I don't doubt that Amazon would create a monopoly on books if it could--any company (really, any person) would love to have a monopoly on anything at all. If you have a real, honest-to-God, Ma Bell-style monopoly, you are in Fat City. You don't have to spend money on research and development, or customer service, or new infrastructure, or technology. You don't have to keep up with the times, keep clients happy, or hustle in any way. You are at that spot on the supply curve where everybody wants to be. That's why we have to have antitrust laws, and that's why they have to be enforced--monopolies are just too tempting.
But is it possible for Amazon to create a monopoly? Keep in mind that there's a huge difference between dominating a market and having a monopoly. You could control 90% of a particular market and not have a monopoly. If everybody buys a GM car because GM makes the cars everybody wants to buy, that's market domination. If everybody buys a GM car because if you buy another kind of car, the police come to your house and shoot you in the head, that's a monopoly. The same is true if gentler forms of coercion are used: If you buy a non-GM car and cannot buy fuel for it because GM owns all the gas stations, then you are facing a monopoly.
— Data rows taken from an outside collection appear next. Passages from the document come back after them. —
//! Judging a recording as `waywire-inspect` judges a session.
ghost use Rattle.std.specs.Prelude.{◌≡◌, ◌+◌, ◌++◌, ◌∷◌, [], ℕ, List, IfOk, OnOk, nat_eq};
ghost use Rattle.wl_wire.specs.Reading.{seen};
ghost use Rattle.wl_sigs.specs.Tables.{Interface};
ghost use Rattle.wl_recording.specs.Piece.{Piece, recorded_piece};
ghost use Rattle.wl_check.specs.Following.{place_or_none};
ghost use Rattle.wl_check.specs.Inspected.{HasPassed};
ghost use Rattle.wl_check.specs.Session.{IsVerdictOf, messages, session_of};
ghost use Rattle.wl_check.specs.Trace.{lasting};
ghost use Rattle.program_jobs.specs.Inspecting.{IsFollowing, IsInspecting, IsNoted, MayFollow};
ghost use Rattle.program_jobs.specs.Inspecting.{binds_announced, with_count, global_named};
ghost use Rattle.program_jobs.specs.Inspecting.{is_announced_as, is_error_of, is_within};
ghost use Rattle.program_jobs.specs.Inspecting.{noted_after, uint_in};
ghost use Rattle.program_jobs.specs.Hint.{seen_bound};

use crate::hint::{Bound, bound_at};
use std::alloc::{AllocError, Global};
use wl_check::{Followed, Follower, Inspector, NO_INTERFACE, Verdict};
use wl_message::Limit;
use wl_objects::{Entry, is_error};
use wl_recording::{Direction, Passed, Recording};
use wl_sigs::{Side, Tables};
use wl_wire::{ArgFault, Iface, Kind, ValueRef, read_ref};

/// The offset of the global's name in a bind: after the header.
const NAME_AT: usize = 8;

/// What is noted of a session beside its verdict.
#[derive(Clone, Copy, Debug)]
pub(crate) struct Noted {
    /// How many requests were followed.
    pub(crate) requests: usize,
    /// How many events were followed.
    pub(crate) events: usize,
    /// Whether the first message that was not judged is a bind of a global that was announced in
    /// this version or a later one.
    pub(crate) is_announced: bool,
    /// Whether a wl_display.error has ended the session.
    pub(crate) has_error: bool,
}

/// A session whose messages are judged, and followed one by one.
#[derive(Drop)]
struct Inspection<'t> {
    tables: &'t Tables,
    limit: Limit,
    inspector: Inspector<'t>,
    follower: Follower<'t>,
    noted: Noted,
}

/// The verdict on a recording, and what is noted beside it.
pub(crate) fn inspect(
    global: Global,
    tables: &Tables,
    limit: Limit,
    recording: &Recording,
) -> Result<(Verdict, Noted), AllocError>
    ensures answers { IfOk result (λ r.
        IsVerdictOf tables.now (session_of limit.bytes recording.now) r.0) }
    ensures noted { IfOk result (λ r. IsNoted limit.bytes tables.now recording.now r.1) }
{
    let mut inspection = Inspection::new(global, tables, limit)?;
    'pieces: for piece in recording.pieces() {
        inspection.pass(piece)?;
    }
    Ok((inspection.inspector.verdict(), inspection.noted))
}

impl<'t> Inspection<'t> {
    /// Before the first piece.
    fn new(global: Global, tables: &'t Tables, limit: Limit) -> Result<Self, AllocError>
        ensures { IfOk result (IsInspecting limit.bytes tables.now []) }
    {
        Ok(Inspection {
            tables,
            limit,
            inspector: Inspector::new(global, tables, limit)?,
            follower: Follower::new(global, tables, limit)?,
            noted: Noted {
                requests: 0,
                events: 0,
                is_announced: false,
                has_error: false,
            },
        })
    }

    /// Judges the messages that a piece completes, and follows them unless the session has ended.
    fn pass(&mut self, piece: &Passed) -> Result<(), AllocError>
        ensures { OnOk result ((limit : ℕ) (tables : List Interface) (pieces : List Piece)
            → IsInspecting limit tables pieces self.old
            → IsInspecting limit tables (pieces ++ recorded_piece piece.now ∷ []) self.new) }
    {
        let bytes = piece.bytes.as_slice();
        self.inspector
            .pass(piece.direction, bytes, piece.tokens as usize)?;
        if self.noted.has_error {
            return Ok(());
        }
        self.follower.feed(piece.direction, bytes)?;
        self.follow(piece.direction)
    }

    /// Passes over the messages of a direction, up to a wl_display.error.
    fn follow(&mut self, direction: Direction) -> Result<(), AllocError>
        ensures { OnOk result ((limit : ℕ) (tables : List Interface) (pieces : List Piece)
            → IsFollowing limit tables pieces direction self.old
            → IsInspecting limit tables pieces self.new) }
    {
        'messages: for _ in 0..u64::MAX {
            if !self.go_past(direction)? {
                return Ok(());
            }
        }
        Err(AllocError)
    }

    /// Passes over the next message of a direction. Returns whether there may be another one.
    fn go_past(&mut self, direction: Direction) -> Result<bool, AllocError>
        ensures { IfOk result (λ more. (limit : ℕ) (tables : List Interface) (pieces : List Piece)
            → IsFollowing limit tables pieces direction self.old
            → MayFollow more limit tables pieces direction self.new) }
    {
        let Some(message) = self.follower.ahead(direction) else {
            return Ok(false);
        };
        let noted = self.noted_after(direction, &message);
        self.follower.go_past(direction)?;
        self.noted = noted;
        Ok(!noted.has_error)
    }

    /// What is noted after this message.
    fn noted_after(&self, direction: Direction, message: &Followed<'_>) -> Noted
        ensures { (limit : ℕ) (tables : List Interface) (pieces : List Piece)
            → HasPassed limit tables pieces self.now.inspector
            → result ≡ noted_after self.now.limit.bytes self.now.tables.now
            (lasting (messages tables (session_of limit pieces))) direction
            self.now.follower.held message.now self.now.noted }
    {
        let mut noted = self.noted;
        if self.limit.allows(message.header.size) {
            noted = with_count(noted, direction, message.index);
        }
        if is_next(message.number, self.inspector.judged_count()) {
            noted.is_announced = binds_announced(self.tables, &self.follower, message.bytes);
        }
        noted.has_error = is_error_of(direction, message.target, message.header.opcode);
        noted
    }
}

/// What is noted if this is the number of a message in its direction.
fn with_count(noted: Noted, direction: Direction, index: usize) -> Noted
    ensures { result ≡ with_count direction index noted }
{
    match direction {
        Direction::ToServer => Noted {
            requests: index,
            ..noted
        },
        Direction::ToClient => Noted {
            events: index,
            ..noted
        },
    }
}

/// Whether a message with this target is a wl_display.error, even if it cannot be read.
fn is_error_of(direction: Direction, target: Option<Entry>, opcode: u16) -> bool
    ensures { result ≡ is_error_of direction target opcode }
{
    match (direction, target) {
        (Direction::ToClient, Some(entry)) => is_error(Side::Event, entry.iface, opcode),
        _ => false,
    }
}

/// Whether this number follows that of the last message that was judged.
fn is_next(number: u64, judged: u64) -> bool
    ensures { result ≡ nat_eq number (judged + 1) }
{
    match judged.checked_add(1) {
        Some(next) => number == next,
        None => false,
    }
}

/// Whether a message with these bytes, as a bind, names a global that was announced with the
/// interface and at least the version that it names. All interfaces that the tables lack count as
/// one.
fn binds_announced(tables: &Tables, follower: &Follower<'_>, bytes: &[u8]) -> bool
    ensures { result ≡ binds_announced tables.now follower.now.held bytes.now }
{
    match (global_named(bytes), bound_at(bytes, 0)) {
        (Some(name), Some(bound)) => is_announced_as(tables, follower, name, &bound),
        _ => false,
    }
}

fn is_announced_as(tables: &Tables, follower: &Follower<'_>, name: u32, bound: &Bound<'_>) -> bool
    ensures { result ≡ is_announced_as tables.now follower.now.held name (seen_bound bound.now) }
{
    let interface = interface_or_none(tables, bound.interface);
    is_within(bound.version, follower.announced_version(name, interface))
}

/// The index of the interface of this name; `NO_INTERFACE` if the tables lack it.
fn interface_or_none(tables: &Tables, name: &[u8]) -> Iface
    ensures { result ≡ place_or_none tables.now name.now }
{
    tables.interface(name).unwrap_or(NO_INTERFACE)
}

/// Whether a version is at least 1 and at most this one.
fn is_within(version: u32, most: u32) -> bool
    ensures { result ≡ is_within version most }
{
    version >= 1 && version <= most
}

/// The name of a global in a bind with these bytes.
fn global_named(bytes: &[u8]) -> Option<u32>
    ensures { result ≡ global_named bytes.now }
{
    uint_in(read_ref(Kind::Uint, &bytes[NAME_AT.min(bytes.len())..]))
}

fn uint_in(argument: Result<(ValueRef<'_>, usize), ArgFault>) -> Option<u32>
    ensures { result ≡ uint_in (seen argument.entry) }
{
    match argument {
        Ok((ValueRef::Uint(number), _)) => Some(number),
        _ => None,
    }
}
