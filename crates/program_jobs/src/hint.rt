//! The line on standard error after a verdict on a bind that the tables do not know.
ghost use Rattle.std.specs.Prelude.{◌≡◌, ◌++◌, List, IfOk, OnOk, option_map};
ghost use Rattle.std.specs.List.{list_all};
ghost use Rattle.wl_wire.specs.Reading.{seen};
ghost use Rattle.wl_recording.specs.declared.piece.Direction.TheVariants.{ToServer};
ghost use Rattle.wl_recording.specs.Piece.{Piece, own_bytes};
ghost use Rattle.wl_recording.specs.Text.{TextRecords};
ghost use Rattle.wl_check.specs.Merged.{stream_of};
ghost use Rattle.wl_sigs.specs.Rules.{is_name, is_name_byte};
ghost use Rattle.program_jobs.specs.Hint.{bound_at, bound_in, hint_for, hint_of, hint_text};
ghost use Rattle.program_jobs.specs.Hint.{known_version, lack_line, lack_words, newer_text};
ghost use Rattle.program_jobs.specs.Hint.{seen_bound, unknown_text};

use itoa::Buffer;
use std::alloc::{AllocError, Allocator};
use wl_check::Verdict;
use wl_objects::Fault;
use wl_recording::{Direction, Passed, Recording};
use wl_sigs::Tables;
use wl_wire::{ArgFault, Kind, ValueRef, read_ref};

/// The offset of the interface in a bind: after the header and the global's name.
const BOUND_AT: usize = 12;

/// The most bytes of an interface's name.
const MOST_NAME_BYTES: usize = 256;

/// The interface and the version that a bind names.
#[derive(Clone, Copy)]
pub(crate) struct Bound<'a> {
    pub(crate) interface: &'a [u8],
    pub(crate) version: u32,
}

/// The line for standard error after the verdict on a recording with this text. It is empty unless
/// the message that breaks a rule is a bind whose interface the tables lack, or have only in an
/// earlier version.
pub(crate) fn hint_on<A: Allocator + Clone>(
    alloc: A,
    tables: &Tables,
    text: &[u8],
    verdict: &Verdict,
) -> Result<Vec<u8, A>, AllocError>
    ensures { IfOk result (λ hint. (pieces : List Piece) → TextRecords text.now pieces
        → hint.items ≡ hint_of tables.now (stream_of ToServer pieces) verdict.now) }
{
    match verdict {
        Verdict::Broken {
            direction: Direction::ToServer,
            index: _index,
            offset,
            fault: Fault::BadBind,
        } => {
            let Ok(recording) = Recording::parse(alloc.clone()?, text) else {
                return Err(AllocError);
            };
            let requests = requests_of(alloc.clone()?, &recording)?;
            hint_at(alloc, tables, &requests, *offset)
        }
        _ => Ok(Vec::new(alloc)),
    }
}

/// All bytes to the server.
pub(crate) fn requests_of<A: Allocator, B: Allocator + Clone>(
    alloc: A,
    recording: &Recording<B>,
) -> Result<Vec<u8, A>, AllocError>
    ensures { IfOk result (λ requests. requests.items ≡ stream_of ToServer recording.now) }
{
    let mut requests = Vec::new(alloc);
    'pieces: for piece in recording.pieces() {
        append_request(&mut requests, piece)?;
    }
    Ok(requests)
}

/// Appends the bytes of a piece that went to the server.
fn append_request<A: Allocator, B: Allocator>(
    requests: &mut Vec<u8, A>,
    piece: &Passed<B>,
) -> Result<(), AllocError>
    ensures { OnOk result (requests.new.items ≡ requests.old.items
        ++ own_bytes ToServer piece.now.direction piece.now.bytes) }
{
    match piece.direction {
        Direction::ToServer => requests.extend_from_slice(piece.bytes.as_slice()),
        Direction::ToClient => Ok(()),
    }
}

/// The line for the bind at this offset of the bytes to the server.
fn hint_at<A: Allocator>(
    alloc: A,
    tables: &Tables,
    requests: &[u8],
    offset: usize,
) -> Result<Vec<u8, A>, AllocError>
    ensures { IfOk result (λ hint. hint.items ≡ hint_for tables.now
        (bound_at requests.now offset)) }
{
    let mut hint = Vec::new(alloc);
    if let Some(bound) = bound_at(requests, offset) {
        let known = known_version(tables, bound.interface);
        write_hint(&mut hint, &bound, known)?;
    }
    Ok(hint)
}

/// What the bind at this offset names.
pub(crate) fn bound_at(requests: &[u8], offset: usize) -> Option<Bound<'_>>
    ensures { option_map seen_bound result ≡ bound_at requests.now offset }
{
    if requests.len() < BOUND_AT || offset > requests.len() - BOUND_AT {
        return None;
    }
    named(read_ref(Kind::New(None), &requests[offset + BOUND_AT..]))
}

/// The interface and the version in the argument for a new object.
fn named(argument: Result<(ValueRef<'_>, usize), ArgFault>) -> Option<Bound<'_>>
    ensures { option_map seen_bound result ≡ bound_in (seen argument.entry) }
{
    match argument {
        Ok((value, _)) => match value {
            ValueRef::NewNamed {
                iface,
                version,
                id: _id,
            } => Some(Bound {
                interface: iface,
                version,
            }),
            _ => None,
        },
        Err(_) => None,
    }
}

/// The version that the tables have of an interface, if they have it.
pub(crate) fn known_version(tables: &Tables, interface: &[u8]) -> Option<u32>
    ensures { result ≡ known_version tables.now interface.now }
{
    let place = tables.interface(interface)?;
    tables.version(place)
}

/// Appends the line for a bind, by the version of its interface in the tables, if they have it.
fn write_hint<A: Allocator>(
    out: &mut Vec<u8, A>,
    bound: &Bound<'_>,
    known: Option<u32>,
) -> Result<(), AllocError>
    ensures { OnOk result
        (out.new.items ≡ out.old.items ++ hint_text (seen_bound bound.now) known) }
{
    match known {
        None if is_name(bound.interface) => write_line(out, bound, None),
        None => Ok(()),
        Some(most) if most < bound.version => write_line(out, bound, known),
        Some(_) => Ok(()),
    }
}

/// Appends the line that says what the tables lack.
fn write_line<A: Allocator>(
    out: &mut Vec<u8, A>,
    bound: &Bound<'_>,
    known: Option<u32>,
) -> Result<(), AllocError>
    ensures { OnOk result
        (out.new.items ≡ out.old.items ++ lack_line (seen_bound bound.now) known) }
{
    out.extend_from_slice(b"waywire: ")?;
    write_lack(out, bound, known)?;
    out.extend_from_slice(b": see --tables\n")
}

/// Appends what the tables lack for a bind, in words.
pub(crate) fn write_lack<A: Allocator>(
    out: &mut Vec<u8, A>,
    bound: &Bound<'_>,
    known: Option<u32>,
) -> Result<(), AllocError>
    ensures { OnOk result
        (out.new.items ≡ out.old.items ++ lack_words (seen_bound bound.now) known) }
{
    match known {
        None => write_unknown(out, bound.interface),
        Some(known) => write_newer(out, bound, known),
    }
}

/// The same for an interface that no table has.
fn write_unknown<A: Allocator>(out: &mut Vec<u8, A>, interface: &[u8]) -> Result<(), AllocError>
    ensures { OnOk result (out.new.items ≡ out.old.items ++ unknown_text interface.now) }
{
    if !is_name(interface) {
        return out.extend_from_slice(b"no table can have its interface");
    }
    out.extend_from_slice(b"no table has ")?;
    out.extend_from_slice(interface)
}

/// The same for an interface whose version is above that of the tables.
fn write_newer<A: Allocator>(
    out: &mut Vec<u8, A>,
    bound: &Bound<'_>,
    known: u32,
) -> Result<(), AllocError>
    ensures { OnOk result
        (out.new.items ≡ out.old.items ++ newer_text (seen_bound bound.now) known) }
{
    let mut most = Buffer::new();
    let mut named = Buffer::new();
    let most = most.format(known).as_bytes();
    let named = named.format(bound.version).as_bytes();
    append_three(
        out,
        b"the tables have ",
        bound.interface,
        b" up to version ",
    )?;
    append_three(out, most, b", and it is bound at ", named)
}

/// Appends three texts.
fn append_three<A: Allocator>(
    out: &mut Vec<u8, A>,
    first: &[u8],
    second: &[u8],
    third: &[u8],
) -> Result<(), AllocError>
    ensures { OnOk result (out.new.items ≡ out.old.items
        ++ (first.now ++ (second.now ++ third.now))) }
{
    out.extend_from_slice(first)?;
    out.extend_from_slice(second)?;
    out.extend_from_slice(third)
}

/// A name that tables can have.
fn is_name(name: &[u8]) -> bool
    ensures { result ≡ is_name name.now }
{
    name.len() >= 1 && name.len() <= MOST_NAME_BYTES && are_name_bytes(name)
}

fn are_name_bytes(name: &[u8]) -> bool
    ensures { result ≡ list_all is_name_byte name.now }
{
    name.iter().all(|byte| is_name_byte(*byte))
}

fn is_name_byte(byte: u8) -> bool
    ensures { result ≡ is_name_byte byte }
{
    (byte >= b'a' && byte <= b'z') || (byte >= b'0' && byte <= b'9') || byte == b'_'
}
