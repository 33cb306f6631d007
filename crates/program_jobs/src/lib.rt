//! The jobs of the command `waywire`: what each prints, and a run of the whole program.
//!
//! A job works with any reader and any writers. Its output is complete before any of it is written,
//! except for the lines of a stream. `program_arguments` says which job the words of a command line
//! ask for.
#![tactic(auto)]

mod acting;
mod failure;
mod finding;
mod folder;
mod hint;
mod inspecting;
pub mod laws;
mod running;
mod socket;
mod streaming;
mod tables;
mod verdict;

pub use acting::{Writers, act};
pub use failure::Failure;
pub use folder::texts_among;
pub use program_arguments::{Job, Stop, job_of};
pub use running::{ExitStatus, run};
pub use socket::BoundSocket;
pub use tables::TablesFile;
Right now, Amazon is selling the majority of e-books, and a number of authors are making their titles exclusive to Amazon, because Amazon does a better job selling indie titles than other Web sites. It might be fair to say that Amazon currently dominates the indie e-book market; it's certainly fair to say they are a major player.
But could they create a monopoly on books? Now, I have argued that Amazon poses no special threat to indie bookstores, but let's say I'm totally wrong. E-books get so fully adopted that you can't give your paper copies away, brick-and-mortar bookstores have nothing to sell, and they all go under--every last one.
On the Web, there is Amazon and...oh, there's Barnes & Noble and Smashwords and Google Books and the Sony Reader store and Kobo and the iBookstore. Oops.
Not a monopoly.
No, you say, Barnes & Noble is going down! Well, OK, that leaves Smashwords and Google Books and the Sony Reader store and Kobo and the iBookstore.
Not a monopoly.
Plus, I could sell e-books from this Web site. You could sell e-books from your Web site. People kick up this huge fuss over Amazon's proprietary system of Mobi files and Kindle readers, but I can and do make my own Mobi files, I could sell them here if I wanted to, and Smashwords certainly sells them. It may be more convenient for someone to buy Mobi files for their Kindle on Amazon, but they don't have to.
Where are the barriers to entry into this market? You don't have to build your own bookstore chain; you don't even have to tangle with Ingram. Look at Smashwords, a company that began operations all of four years ago. They're not some huge corporate entity with phenomenally deep pockets--Mark Coker describes the company's financial backers as "me, me and me." And yet, there they are, reportedly profitable and also a major player in indie e-books.
How could Amazon create a monopoly? They could try underpricing everybody, selling books at a loss, and that might work...for a little bit. Drive Smashwords under, though, and another will take its place, because the barriers to entry are not that high and there's money to be made off indies.
Amazon could also turn on authors, demanding exclusivity and offering increasingly-crappy royalties in exchange. That would require them to believe that people buy books on Amazon because they're on Amazon--not because they're written by an author the reader likes. The problem with that strategy is that the authors could always say, "Screw you!" and offer their books elsewhere. That's actually kind of what the traditional publishers are doing right now, and I think that strategy would work for Amazon just as well as it's working for them.
The change to self-publishing and e-publishing isn't a simple exchange, where you swap one group of corporate overlords for another. It is a completely different ecosystem. It is technology at its most disruptive.